Очнулся он в непривычной тишине. Возле него стояли трое красноармейцев.

— А… а где остальные? — испуганно спросил сержант.

— Нету остальных… — проговорил Грантовский. — И батареи нет… Одно наше четвертое орудие осталось…

— Есть батарея, раз хоть одно орудие осталось! — произнес Зорин и, превозмогая боль от ушибов, встал на ноги.

Кружилась и болела голова, во рту саднило, к горлу подступала тошнота. Хотелось снова лечь и больше не вставать. Но его ждали артиллеристы.

— Вот что, братва, быстро орудие на место, — распорядился он.

Вчетвером они установили орудие. Зорин осмотрел его: броневой щит изрешечен осколками, разбита панорама, ствол забит землею.

— Ничего, мы еще сможем стрелять из нашей красавицы.

Место было совершенно открытое. Орудие оказалось как на ладони у немцев. Надо было успеть выпустить несколько снарядов по цепям фашистских солдат.

— Орудие! — подал команду Зорин.

Снаряд упал точно в гуще врагов. Били прямой наводкой, и трудно было промахнуться. То тут, то там вздымались черные султаны земли от 76-миллиметровых снарядов. Гитлеровцы заметались и залегли.

— Ага, не понравилось! — орал разгоряченный боем Зорин. — Вот мы еще вам… Давай, братва, не жалей снарядов!

— Товарищ сержант, снаряды… — Грантовский не успел доложить, что больше нечем заряжать орудие, как возле взорвалась вражеская мина. Его отбросило в сторону.

Две минометные батареи немцев обрушили огонь на последнее орудие советской батареи.

Вечером 25 сентября Ленинград передавал концерт для моонзундцев и ханковцев. Ленинградцы помнили о тех, кто мужественно дрался на дальних подступах к их родному городу.
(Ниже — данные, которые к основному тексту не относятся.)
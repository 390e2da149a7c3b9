//! Relations of the rows of two arrays, or of an array and a scalar, each kind of rows in a module of its own, and what
//! validities make of them.

ghost use Rattle.std.specs.Prelude.{◌≡◌, ◌+◌, ◌*◌, ◌<◌, ◌==◌, ℕ, length, map, IfOk, IsOkUnless};
ghost use Rattle.std.specs.Int.{bit_at};
ghost use Rattle.arrow_types.specs.declared.error.Error.{Error};
ghost use Rattle.arrow_types.specs.ArrowType.{boolean, plain};
ghost use Rattle.arrow_types.specs.Logic.{finished_eq, finished_neq};
ghost use Rattle.arrow_types.specs.Rows.{valid_at};
ghost use Rattle.arrow_types.specs.Slot.{Boolean};
ghost use Rattle.arrow_flat.specs.Parts.{FitsRows, boolean_rows};
ghost use Rattle.arrow_relate.specs.Finished.{finished};
ghost use Rattle.arrow_relate.specs.Words.{IsWordOf};
ghost use Rattle.arrow_flat.specs.Truths.{AnswersTruths};

/// A call at a relation that is known when the program runs: its first type parameter, `_`, is that relation.
macro_rules! by_relation {
    ($by:expr, $call:ident::<_ $(, $kind:ty)*>($($argument:expr),*)) => {
        match $by {
            Relation::Eq => $call::<Equal $(, $kind)*>($($argument),*),
            Relation::Neq => $call::<NotEqual $(, $kind)*>($($argument),*),
            Relation::Lt => $call::<Less $(, $kind)*>($($argument),*),
            Relation::LtEq => $call::<LessOrEqual $(, $kind)*>($($argument),*),
            Relation::Gt => $call::<Greater $(, $kind)*>($($argument),*),
            Relation::GtEq => $call::<GreaterOrEqual $(, $kind)*>($($argument),*),
        }
    };
}

pub mod binary;
pub mod boolean;
mod bytes;
mod chunked;
pub mod primitive;
pub mod utf8;

use crate::fixed::{Equal, NotEqual, Sameness};
use arrow_flat::array::BooleanArray;
use arrow_flat::array::truths::truths;
use arrow_flat::array::validity::shared;
use arrow_memory::bitmap::Bitmap;
use arrow_types::error::Error;
use std::alloc::Global;

/// Whether rows are the same, from whether what is stored of them is equal, and from the validity of both sides: a null
/// of `out` stays; two nulls are the same, and a null and a value are not. An absent validity marks no row as null.
///
/// # Requires
/// Each validity has a bit for each row.
///
/// # Errors
/// `OutOfMemory` where memory is refused.
///
/// Source: arrow2's `comparison::finish_eq_validities`.
pub fn finish_eq_validities(
    alloc: Global,
    out: BooleanArray,
    lhs: Option<Bitmap>,
    rhs: Option<Bitmap>,
) -> Result<BooleanArray, Error>
    requires left { FitsRows lhs (length (boolean_rows out)) }
    requires right { FitsRows rhs (length (boolean_rows out)) }
    ensures { AnswersTruths result (finished finished_eq (boolean_rows out) lhs rhs) }
{
    finish::<Equal>(alloc, out, lhs, rhs)
}

/// Whether rows differ, from whether what is stored of them does, in the same way: two nulls do not, and a null and a
/// value do.
///
/// # Requires
/// Each validity has a bit for each row.
///
/// # Errors
/// `OutOfMemory` where memory is refused.
///
/// Source: arrow2's `comparison::finish_neq_validities`.
pub fn finish_neq_validities(
    alloc: Global,
    out: BooleanArray,
    lhs: Option<Bitmap>,
    rhs: Option<Bitmap>,
) -> Result<BooleanArray, Error>
    requires left { FitsRows lhs (length (boolean_rows out)) }
    requires right { FitsRows rhs (length (boolean_rows out)) }
    ensures { AnswersTruths result (finished finished_neq (boolean_rows out) lhs rhs) }
{
    finish::<NotEqual>(alloc, out, lhs, rhs)
}

// Answers to rows, from those to what is stored of them and from the validity of both sides. A null of `out` stays.
pub(crate) fn finish<E: Sameness>(
    alloc: Global,
    out: BooleanArray,
    lhs: Option<Bitmap>,
    rhs: Option<Bitmap>,
) -> Result<BooleanArray, Error>
    requires left { FitsRows lhs (length (boolean_rows out)) }
    requires right { FitsRows rhs (length (boolean_rows out)) }
    ensures array_type { IfOk result (λ array. array.arrow_type ≡ plain boolean) }
    ensures rows { IfOk result (λ array. boolean_rows array
        ≡ finished E.finishes (boolean_rows out) lhs rhs) }
    ensures err { IsOkUnless result Error.OutOfMemory }
{
    let _ = out.len();
    let bits = finished_bits::<E>(alloc, out.values(), &lhs, &rhs)?;
    Ok(truths(bits, shared(out.validity())?))
}

// The bits of what was compared, each with whether its row of both sides is valid. Without validities they are shared.
fn finished_bits<E: Sameness>(
    alloc: Global,
    stored: &Bitmap,
    lhs: &Option<Bitmap>,
    rhs: &Option<Bitmap>,
) -> Result<Bitmap, Error>
    requires left { FitsRows lhs.now (length stored.now) }
    requires right { FitsRows rhs.now (length stored.now) }
    ensures ok { IfOk result (λ bits. map Boolean bits
        ≡ finished E.finishes (map Boolean stored.now) lhs.now rhs.now) }
    ensures err { IsOkUnless result Error.OutOfMemory }
{
    if lhs.is_none() && rhs.is_none() {
        return Ok(stored.clone()?);
    }
    Bitmap::collect_words(
        alloc,
        stored.len(),
        |j| finished_word::<E>(stored, lhs, rhs, j),
    )
}

// The answers to the 64 rows from row `64 * j` on, where `stored` has those to what is stored.
fn finished_word<E: Sameness>(
    stored: &Bitmap,
    lhs: &Option<Bitmap>,
    rhs: &Option<Bitmap>,
    j: usize,
) -> u64
    requires left { FitsRows lhs.now (length stored.now) }
    requires right { FitsRows rhs.now (length stored.now) }
    ensures { IsWordOf (finished E.finishes (map Boolean stored.now) lhs.now rhs.now) j result }
{
    E::finished_word(stored.word(j), valid_word(lhs, j), valid_word(rhs, j))
}

// Which of the 64 rows from row `64 * j` on are valid, a bit each.
fn valid_word(validity: &Option<Bitmap>, j: usize) -> u64
    ensures { (len k : ℕ) → FitsRows validity.now len → k < 64 → 64 * j + k < len
        → (bit_at result k == 1) ≡ valid_at validity.now (64 * j + k) }
{
    match validity {
        Some(bits) => bits.word(j),
        None => u64::MAX,
    }
}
Краснофлотцы и красноармейцы, командиры и политработники обступили громкоговорители. Воцарилась торжественная непривычная тишина. С волнением ждали голос диктора с Большой земли, из города Ленина. И этот долгожданный момент наконец наступил.

— Говорит Ленинград. Говорит Ленинград. Наши дорогие боевые друзья, отважные защитники Моонзунда и Ханко! Передаем для вас концерт мастеров искусств Ленинграда.

Из репродукторов плавно полилась до боли знакомая мелодия песни…

В шторм

Комендант БОБРа Елисеев и военком Зайцев доложили шифровкой Военному совету Краснознаменного Балтийского флота о критической обстановке на полуострове Сырве. Остатки обескровленного гарнизона могут продержаться всего лишь три-четыре дня. Ответ пришел быстро. Командующий флотом вице-адмирал Трибуц разрешил Елисееву со штабом и политотделом перебраться на остров Хиума и возглавить его оборону. Предлагалось эвакуировать туда и бойцов, но в распоряжении окруженных моонзундцев имелись всего лишь четыре торпедных катера, один из которых ремонтировался, два буксира да несколько мотоботов и шлюпок. Мотоботы и шлюпки не годились для такого большого перехода.